Dairy Matters: It’s Not a Moo(t) Point

One area where MyPlate and the Healthy Eating Plate differ on the science is in the quantity of dairy in a healthful diet. Notice the different beverage cut point between the two plates? Dairy is a rich source of nutrients such as calcium, which is critical for bone health. Calcium can be obtained from other foods, however, and scientists disagree about how much dairy is needed in human diets, if at all, and whether dairy intake is associated with health risks. There are also multifarious matters associated with milk production, including farming conditions for both cattle and workers, and the putative influence of the dairy industry and lobbies on the dietary guidelines. And I would be remiss if I didn’t mention that many people have ethical and moral issues concerning the consumption of animal products.

Harvard’s plate, on the other hand, recommends limiting dairy intake and instead emphasizes the benefits of water. Water is essential for life and, while much of what we need for hydration is obtained in the water-containing beverages and foods we consume, it’s a great go-to beverage that quenches your thirst and helps you feel satiated without adding calories. Many studies have also found that coffee and tea are quite healthful and help meet water needs. And most scientists agree that consuming sweetened beverages like soda and fruit drinks adds significant sugar and calories to a diet and should be minimized or omitted, especially given the current obesity epidemic.

So for all of the aforementioned reasons, dairy is probably one of the more difficult topics in nutrition. The politics and polemics surrounding food production and dietary guidelines certainly don’t help matters. It’s also a wonderful example of how what we eat matters far beyond our individual health, an issue neither plate addresses.

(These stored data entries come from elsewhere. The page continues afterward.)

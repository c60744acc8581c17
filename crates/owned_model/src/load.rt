ghost use Rattle.std.specs.Prelude.{◌≡◌, IfOk, IfErr};
ghost use Rattle.cli_header.specs.declared.header.CliHeader.{CliHeader as Header};
ghost use Rattle.metadata.specs.Metadata.{Metadata};
ghost use Rattle.metadata.specs.Model.{IsModel, IsModelOfFile};
ghost use Rattle.metadata.specs.Rules.{rules_of_metadata, rules_of_file};
ghost use Rattle.opening.specs.Views.{HasModel};
ghost use Rattle.owned_model.specs.Refused.{IsRefused, HasHeaderAndModel};

use crate::error::LoadError;
use crate::to_model::ToModel;
use crate::valid_model::Model;
use opening::{CliHeader, open_image, open_root};
use std::alloc::Global;

/// Loads the metadata root in these bytes (II.24.2). Except if it is out of memory, it succeeds if and only if the
/// root has a model.
///
/// # Errors
///
/// A fault is the fault that [`open_root`](opening::open_root) returns. It is found without allocation. `Memory` is
/// returned only for bytes that have a model.
pub fn load_root(alloc: Global, root: &[u8]) -> Result<Model, LoadError>
    // The loaded model is a model of the root.
    ensures sound { IfOk result (λ loaded. ∥ IsModel root.now loaded ∥₁) }
    // Each model of the root equals the loaded model.
    ensures complete { (model : Metadata) → IsModel root.now model → IfOk result (λ loaded. loaded ≡ model) }
    // A fault is the first broken rule, and then there is no model. It is out of memory only if there is a model.
    ensures refused { IfErr result (IsRefused (rules_of_metadata 0 root.now) (HasModel root.now)) }
{
    let view = open_root(root)?;
    Ok(view.model(alloc)?)
}

/// Loads the file in these bytes (II.25), with its CLI header. Except if it is out of memory, it succeeds if and
/// only if the file has a header and a model.
///
/// # Errors
///
/// A fault is the fault that [`open_image`](opening::open_image) returns. It is found without allocation. `Memory`
/// is returned only for bytes that have a model.
pub fn load_image(alloc: Global, file: &[u8]) -> Result<(CliHeader, Model), LoadError>
    // The loaded header and model are those of the file.
    ensures sound { IfOk result (λ loaded. ∥ IsModelOfFile file.now loaded.0 loaded.1 ∥₁) }
    // Each header and model of the file equal the loaded ones.
    ensures complete { (header : Header) (model : Metadata) → IsModelOfFile file.now header model
        → IfOk result (λ loaded. (loaded.0 ≡ header) × (loaded.1 ≡ model)) }
    // A fault is the first broken rule, and then there is no model. It is out of memory only if there is a model.
    ensures refused { IfErr result (IsRefused (rules_of_file file.now) (HasHeaderAndModel file.now)) }
{
    let (header, view) = open_image(file)?;
    Ok((header, view.model(alloc)?))
}
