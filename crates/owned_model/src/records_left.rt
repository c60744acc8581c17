ghost use Rattle.std.specs.Prelude.{◌≡◌, ◌≤◌, ◌+◌, ◌-◌, ◌↔◌, IsSome, IfSome};
ghost use Rattle.std.specs.Iterator.{at_most};
ghost use Rattle.metadata.specs.Metadata.{Metadata, rows_of, row_of};
ghost use Rattle.owned_model.specs.RowsLeft.{YieldsRow, rows_between};

use crate::rows_read::ReadRows;
use std::marker::{Model, PhantomData};
use type_records::FromRow;

/// The record of a row that exists.
fn record_at<'m, R: FromRow<'m, S::Form>, S: ReadRows<'m>>(source: &S, row: u32) -> R
    requires first { 1 ≤ row }
    requires last { row ≤ S.row_count source.now R.TABLE }
    ensures { (model : Metadata) → S.shows source.now model → R.fields result ≡ row_of model R.TABLE row }
{
    R::from_row(&source.row_at(R::TABLE, row))
}

/// The record of a row, counted from 1; `None` if the table has no such row.
pub fn row<'m, R: FromRow<'m, S::Form>, S: ReadRows<'m> + Copy>(source: S, row: u32) -> Option<R>
    ensures there { IsSome result ↔ ((1 ≤ row) × (row ≤ S.row_count source R.TABLE)) }
    ensures fields { (model : Metadata) → S.shows source model → IfSome result (λ it. R.fields it ≡ row_of model R.TABLE row) }
{
    if row == 0 || row > source.count_rows(R::TABLE) {
        return None;
    }
    Some(record_at(&source, row))
}

/// The records of a table's rows that are left, in order.
#[derive(Drop)]
pub struct Records<'m, S, R> {
    source: S,
    next: u32,
    last: u32,
    of: PhantomData<(&'m (), R)>,
}

impl<'m, S, R> Model for Records<'m, S, R> {
    ghost use Rattle.std.specs.Prelude.{◌≤◌, ◌+◌};
    ghost use Rattle.owned_model.specs.RowsLeft.{RowsLeft};

    ghost Value = { RowsLeft S };

    ghost view = { λ left. record { source = left.source; next = left.next; last = left.last } };

    ghost invariant = { λ left. (1 ≤ left.next) × (left.next ≤ left.last + 1) × (left.last ≤ 0xFFFFFF) };
}

impl<'m, R: FromRow<'m, S::Form>, S: ReadRows<'m> + Copy> Iterator for Records<'m, S, R> {
    type Item = R;

    ghost can_next = { λ left. left.last ≤ S.row_count left.source R.TABLE };

    ghost next_gives = { YieldsRow S.shows R.fields R.TABLE };

    ghost remaining = { λ left. at_most ((left.last + 1) - left.next) };

    #[tactic(auto, using(crate::proofs::RowsLeftLemmas::first_row))]
    fn next(&mut self) -> Option<R> {
        if self.next > self.last {
            return None;
        }
        self.source.holds_rows();
        let row = self.next;
        self.next += 1;
        Some(record_at(&self.source, row))
    }

    fn size_hint(&self) -> (usize, Option<usize>) {
        let count = (self.last + 1 - self.next) as usize;
        (count, Some(count))
    }
}

impl<'m, R: FromRow<'m, S::Form>, S: ReadRows<'m> + Copy> ExactSizeIterator for Records<'m, S, R> {
    fn len(&self) -> usize {
        (self.last + 1 - self.next) as usize
    }
}

/// The records of a table's rows, in order.
#[tactic(auto, using(crate::proofs::RowsLeftLemmas::all_rows))]
pub fn rows<'m, R: FromRow<'m, S::Form>, S: ReadRows<'m> + Copy>(source: S) -> Records<'m, S, R>
    ensures left { result ≡ record { source = source; next = 1; last = S.row_count source R.TABLE } }
    // They are the rows of the table, of every model that is shown.
    ensures rows { (model : Metadata) → S.shows source model → rows_between model R.TABLE result.next result.last ≡ rows_of model R.TABLE }
{
    source.holds_rows();
    Records {
        source,
        next: 1,
        last: source.count_rows(R::TABLE),
        of: PhantomData,
    }
}
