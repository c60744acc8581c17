ghost use Rattle.std.specs.Prelude.{◌≡◌, ◌≤◌, ◌↔◌, Some, IsSome, IfSome, Contains};
ghost use Rattle.table_schema.specs.CodedIndexes.{tables_of};
ghost use Rattle.metadata.specs.Metadata.{Metadata, row_of};
ghost use Rattle.type_records.specs.Listed.{IsOneOf};

use crate::rows_read::ReadRows;
use table_schema::Token;
use type_records::{CodedRow, lists};

/// The record of a row that exists, of a table that its coded index lists.
fn coded_row_at<'m, R: CodedRow<'m, S::Form>, S: ReadRows<'m>>(source: &S, token: Token) -> R
    requires listed { IsOneOf (tables_of R.CODED) token.table }
    requires first { 1 ≤ token.row }
    requires last { token.row ≤ S.row_count source.now token.table }
    ensures table { R.table_of result ≡ token.table }
    ensures fields { (model : Metadata) → S.shows source.now model → R.fields result ≡ row_of model token.table token.row }
{
    R::from_row_of(token.table, &source.row_at(token.table, token.row))
}

/// The record of the row that a token names, in the variant of its table; `None` if the coded index does
/// not list that table (II.24.2.6), or the table has no such row.
pub fn resolve<'m, R: CodedRow<'m, S::Form>, S: ReadRows<'m> + Copy>(
    source: S,
    token: Token,
) -> Option<R>
    ensures there { IsSome result ↔ (Contains (tables_of R.CODED) (Some token.table) × ((1 ≤ token.row) × (token.row ≤ S.row_count source token.table))) }
    ensures table { IfSome result (λ it. R.table_of it ≡ token.table) }
    ensures fields { (model : Metadata) → S.shows source model → IfSome result (λ it. R.fields it ≡ row_of model token.table token.row) }
{
    if !lists(R::CODED, token.table) {
        return None;
    }
    if token.row == 0 || token.row > source.count_rows(token.table) {
        return None;
    }
    Some(coded_row_at(&source, token))
}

USDA’s MyPlate: A Step Forward

I believe that MyPlate is in many ways a step forward, despite the omission of healthy fats and arguable over-emphasis on dairy. It shows individuals what their plate should actually look like in an accessible, familiar way. Plant-foods are appropriately emphasized. And, although not explicitly stated, the guidelines behind the graphic are based on sound science. If a majority of Americans followed just the vegetable and fruit guidelines, for example, it would be a major advance in health and nutrition.

However, the “go-to” graphic that represents what we should be eating should not leave out key qualifying terms (such as “whole” grains) that rely upon the consumer to fill in the gaps in an environment dominated by media sound bites and misinformation. MyPlate thus crosses the line from simple to simplistic, in my view, and even has the potential to mislead. As with most things, the devil is in the details.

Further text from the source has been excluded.